The joint work on controlling and preserving the populations of endangered species and protection of their habitat resulted in the significant growth of the number of some species of mountain ungulates.
Over the past 10 years, the markhor population has grown. Ten years ago, it was endangered, but today, according to monitoring by the Committee for Environmental Protection, more than 1,300 markhors live in the country. The number of Siberian ibex has also increased: now there are about 40,000 ibexes, and almost 10,000 argalis.
The wild population of the snow leopard around the world is from three to seven thousand. Of these, only 156 snow leopards live in Tajikistan. Killing this animal is strictly prohibited.
In the republic, there was no illegal hunters wishing to get the skin of this wild animal for a long time. In the regions, the authorities encourage local residents to inform about suspicious hunters. Even when these animals attack livestock, residents do not kill these animals, but turn to the Committee’s offices and hunting areas for help.
Local media reported such case last autumn, when in the Razuch village in Bartang Valley of GBAO, a snow leopard killed twelve sheep and goats. The residents trapped the animal, and then released it.

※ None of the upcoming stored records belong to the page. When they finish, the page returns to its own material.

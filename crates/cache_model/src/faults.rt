// Why a call didn't do its work.
use crate::FileName;
use thiserror::Error;

/// What is wrong with the bytes at a damaged place, with the number that was found there.
#[derive(Clone, Copy, Debug, PartialEq, Eq)]
pub enum BadKind {
    /// The first byte of no item.
    Tag(u8),
    /// A key length of 0, or above 1,024.
    KeyLength(u16),
    /// A value length above 65,536.
    ValueLength(u32),
    /// An expiry that is neither all ones nor below 2^62.
    Until(u64),
    /// The moment of a frame's end, 2^61 or more.
    Moment(u64),
    /// A sequence number of 2^62 or more.
    Sequence(u64),
    /// The version byte of a file, other than 1.
    Version(u8),
    /// The file ends too early.
    Cut,
    /// A key that isn't above the one before it.
    Order,
    /// The first gate of a base file, which isn't open.
    Gate(u8),
    /// A block of the index that isn't whole, or isn't of the kind that is asked for, or an index whose figures would
    /// leave their range.
    Node,
    /// An item that begins at 2^32 or above, or a record that isn't the one that was looked for.
    Place,
}

/// A damaged place of a file, and what is wrong there.
#[derive(Clone, Copy, Debug, PartialEq, Eq)]
pub struct Damage {
    pub file: FileName,
    /// The offset in bytes.
    pub at: u64,
    pub kind: BadKind,
}

/// A number that has reached its end, with the number.
#[derive(Clone, Copy, Debug, PartialEq, Eq)]
pub enum Spent {
    /// The next data file's number.
    Files(u64),
    /// The next change's sequence number.
    Sequence(u64),
    /// The next block of the index.
    Blocks(u64),
    /// The bytes of an export's records.
    Export(u64),
}

/// Why a call with a host didn't do its work.
#[derive(Debug, Drop, Error)]
pub enum StoreFault {
    #[error("the disk failed")]
    Failed,
    #[error("out of memory")]
    Memory,
    #[error("a number is spent")]
    Spent(Spent),
    #[error("a file is damaged")]
    Damaged(Damage),
}

/// Why a call without a host didn't do its work.
#[derive(Debug, Drop, Error)]
pub enum ModelFault {
    #[error("a key of {0} bytes")]
    KeyLength(usize),
    #[error("a value of {0} bytes")]
    ValueLength(usize),
    #[error("out of memory")]
    Memory,
}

The authorities compensated the damage caused by the animal from the Red Data Book.
“The legal trophy hunting is one of the most powerful drivers for the preservation of wild animals, it finances the prevention of animals killing for meat,” the Association of Nature Conservation Organizations of Tajikistan believes.
The world’s largest population of Bukhara Red deer lives in the Tigrovaya Balka State Nature Reserve. There are 386-400 of them. The Committee’s ecologists believe that this is a critical figure for this territory. For the population growth, the planned killing of these animals is necessary.
“Deer over 12 years old are not benefiting to a healthy future population, but they are attractive for the trophy hunting,” said Ubaid Akramov, Deputy Head of the Specially Protected Territories government agency under the Committee for Environmental Protection.
He proposes to organize the selective hunting for these animals to ensure the stability of the species. Considering the latest monitoring of the Committee, annually, it is possible to kill up to 20 adult deer, which will be a good investment to the budget and will help preserving the ecosystem, as the official believes.
Annually, during six months of the hunting season, the income from licensed hunting for only four species of rare animals can amount to about 6-7 million somoni (about $600-700 thousand).
According to the Law of the Republic of Tajikistan “On Hunting and Hunting Areas”, 40% of these funds are transferred to a special account of the self-government bodies of the villages from the location of the captured animal. 20% is transferred to a special fund for protected natural territories, 40% is transferred to a special account of an authorized state body for performing work related to the protection, monitoring and restoration of the populations of wild animals.
The funds from hunting that are transferred to the Committee are spent on environmental activities, including carrying out biotechnical work, feeding the herbivores and predators.
The license for hunting Marco Polo sheep costs from 55,000 somoni ($5,400), and the fine for the illegal killing of an animal is about 210,000 somoni ($20,388). A license for hunting markhor costs 220,000 somoni ($21,359), and the fine for the illegal killing is about 420,000 somoni ($40,770).
In addition to fines, the poachers are liable to the law, according to the country’s Criminal Code. Investigative measures are taken, the employees of the Committee for Environmental Protection assess the damage, the amount of which depends on the type of the killed animal.
The fight against poaching in the country in recent years was successful thanks to coordinated joint work at all control levels. Local residents, rangers from the hunting areas, local police departments, Committee employees, associations of hunters, associations of nature conservation organizations of Tajikistan help in this fight. The rangers and residents who live near the habitats of rare animals patrol the area and report cases of the violations to the law enforcement agencies.